这边的山上,有种植物,稀少珍贵,长在山上潮湿炎热的地方,有时女人们也会采来卖。绥焉跟在上山的女人们身后,一群女人注意到他啊,纷纷指指点点。
“绥焉那孩子嫁人后倒是变得稳重很多,不跟以前一样了。”
“高莲花凶得很,还跟以前一样高莲花不得生吃了他啊。”
“哎!你们说,这小两口能过几天?”一个女人小声八卦着说道。
“我看不出几天保准跟别人跑了。谁摊上那样的男人能守的住啊,活不能干,还净等着人伺候……”

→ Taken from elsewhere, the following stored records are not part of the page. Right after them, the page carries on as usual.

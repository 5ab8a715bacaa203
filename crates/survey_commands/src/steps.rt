//! The run of one frame of a stream, step by step.

ghost use Rattle.std.specs.Prelude.{◌≡◌, IfOk};
ghost use Rattle.survey_commands.specs.Ends.{IsStepsStatus, found_status, missing_status};
ghost use Rattle.survey_commands.specs.Runs.{FindsOf};

use crate::begun::{Begun, NotBegun, begin, judged};
use crate::failures::SurveyError;
use crate::streams::say_faulted;
use coverage::{
    BoundVerdict, FrameFound, FrameShown, FrameSteps, skip_json, skip_text, skip_words, write_json,
    write_text,
};
use exact_io::write_bytes;
use image::Image;
use isa_model::{Finish, Version};
use std::alloc::{AllocError, Global};
use std::io;
use std::io::Write;
use std::rt::{Clock, Files};
use words::RunAsked;

/// What was found of a frame, and the version of the program.
#[derive(Drop)]
struct Found {
    frame: FrameFound,
    program: Version,
}

/// The line for a frame that the stream does not have.
fn no_frame_line(alloc: Global, frame: u32, count: u32) -> Result<String, AllocError> {
    format!(in alloc; "there is no frame {frame}: the stream has {count} frames, from 0 on\n")
}

/// The line for a frame that is not run.
fn skipped_line(alloc: Global, frame: u32, reason: u32) -> Result<String, AllocError> {
    format!(in alloc; "frame {frame} has reason {reason}: it is not run\n")
}

/// The version of the program.
fn version_of(image: &Image) -> Version
    ensures { result ≡ image.now.version }
{
    if image.version() == 1 {
        Version::One
    } else {
        Version::Two
    }
}

/// Runs the image on the stream, up to the frame.
fn find<R: Files + Clock + AllocGlobal, W1: Write, W2: Write>(
    rt: &R,
    asked: RunAsked<'_>,
    frame: u32,
    out: &mut W1,
    err: &mut W2,
) -> Result<Found, NotBegun>
    ensures { IfOk result (FindsOf asked.entry.limit.steps frame) }
{
    let alloc = rt.alloc();
    let Begun {
        bytes: _,
        image,
        again,
        maps,
        source,
    } = begin(rt, alloc, asked, out, err)?;
    let program = version_of(&image);
    if let BoundVerdict::Unknown = judged(alloc, again, err)? {
        return Err(NotBegun::Failed(SurveyError::Memory));
    }
    let frame = coverage::steps(alloc, image, maps, asked.limit.steps, source, frame)?;
    Ok(Found { frame, program })
}

/// Writes the steps of a frame's run.
fn write_steps<W: Write>(
    alloc: Global,
    about: FrameShown<'_>,
    steps: &FrameSteps,
    is_json: bool,
    out: &mut W,
) -> io::Result<()> {
    if is_json {
        write_json(alloc, about, steps, out)?;
    } else {
        write_text(alloc, about, steps, out)?;
    }
    out.flush()
}

/// What is written of a frame with a reason.
fn skipped_text(
    alloc: Global,
    about: FrameShown<'_>,
    len: usize,
    reason: u32,
    is_json: bool,
) -> Result<String, AllocError> {
    let end = skip_words(alloc, len, reason)?;
    if is_json {
        skip_json(alloc, about, end.as_str())
    } else {
        skip_text(alloc, about, end.as_str())
    }
}

/// Writes a frame with a reason, and says on standard error that it is not run.
fn write_skipped<W1: Write, W2: Write>(
    alloc: Global,
    about: FrameShown<'_>,
    len: usize,
    reason: u32,
    is_json: bool,
    out: &mut W1,
    err: &mut W2,
) -> Result<u8, SurveyError>
    ensures { IfOk result (λ status. status ≡ 0) }
{
    let text = skipped_text(alloc, about, len, reason, is_json)?;
    let line = skipped_line(alloc, about.frame, reason)?;
    match write_bytes(out, text.as_bytes()) {
        Ok(()) => {
            let _ = write_bytes(err, line.as_bytes());
            Ok(0)
        }
        Err(error) => Err(SurveyError::of_output(alloc, error.kind())),
    }
}

/// Says on standard error that the stream has no such frame, and which fault ended it.
fn say_missing<R: Files + AllocGlobal, W: Write>(
    rt: &R,
    path: &str,
    frame: u32,
    count: u32,
    finish: Finish,
    err: &mut W,
) -> Result<u8, SurveyError>
    ensures { IfOk result (λ status. status ≡ missing_status finish) }
{
    let line = no_frame_line(rt.alloc(), frame, count)?;
    let _ = write_bytes(err, line.as_bytes());
    match finish {
        Finish::End => Ok(1),
        Finish::Fault(fault, _) => Ok(say_faulted(rt, path, fault, err)),
    }
}

/// Writes what was found, or says on standard error why that are no steps.
fn write_found<R: Files + AllocGlobal, W1: Write, W2: Write>(
    rt: &R,
    asked: RunAsked<'_>,
    frame: u32,
    is_json: bool,
    found: &Found,
    out: &mut W1,
    err: &mut W2,
) -> Result<u8, SurveyError>
    ensures { IfOk result (λ status. status ≡ found_status found.now.frame) }
{
    let alloc = rt.alloc();
    let about = FrameShown {
        image: asked.image,
        frame,
        program: found.program,
        limit: asked.limit.steps,
    };
    match &found.frame {
        FrameFound::Ran(steps) => match write_steps(alloc, about, steps, is_json, out) {
            Ok(()) => Ok(0),
            Err(error) => Err(SurveyError::of_output(alloc, error.kind())),
        },
        FrameFound::Skipped(len, reason) => {
            write_skipped(alloc, about, *len, *reason, is_json, out, err)
        }
        FrameFound::Missing(count, finish) => {
            say_missing(rt, asked.frames, frame, *count, *finish, err)
        }
    }
}

/// Prints the steps of the run of the frame of this number, and returns the status: 1 where the
/// stream does not have that frame, 2 where the image or the text of the maps is refused, 3 where
/// a fault ended the stream before the frame.
pub fn print_steps<R: Files + Clock + AllocGlobal, W1: Write, W2: Write>(
    rt: &R,
    asked: RunAsked<'_>,
    frame: u32,
    is_json: bool,
    out: &mut W1,
    err: &mut W2,
) -> Result<u8, SurveyError>
    ensures { IfOk result IsStepsStatus }
{
    match find(rt, asked, frame, out, err) {
        Ok(found) => write_found(rt, asked, frame, is_json, &found, out, err),
        Err(ended) => ended.ended(),
    }
}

绥焉静静听着她们说,也没在意什么,看他慢慢走近,女人们才互相推搡着,“别说了,他过来了。”
“几位婶婶好。”绥焉笑道,“婶婶们是要去山上吗?
“这不废话吗,不趁着冬天前去几趟山上,这冬天还能活吗。”
“兰子你干嘛呢。”刚才第一个说话的女人冲绥焉不好意思地笑笑,“你兰婶子就是这性格,心直口快,你别往心里去。”
“不会。”绥焉也扯了扯嘴角,心情不太好,“我去那边,就不跟婶婶们一起了。”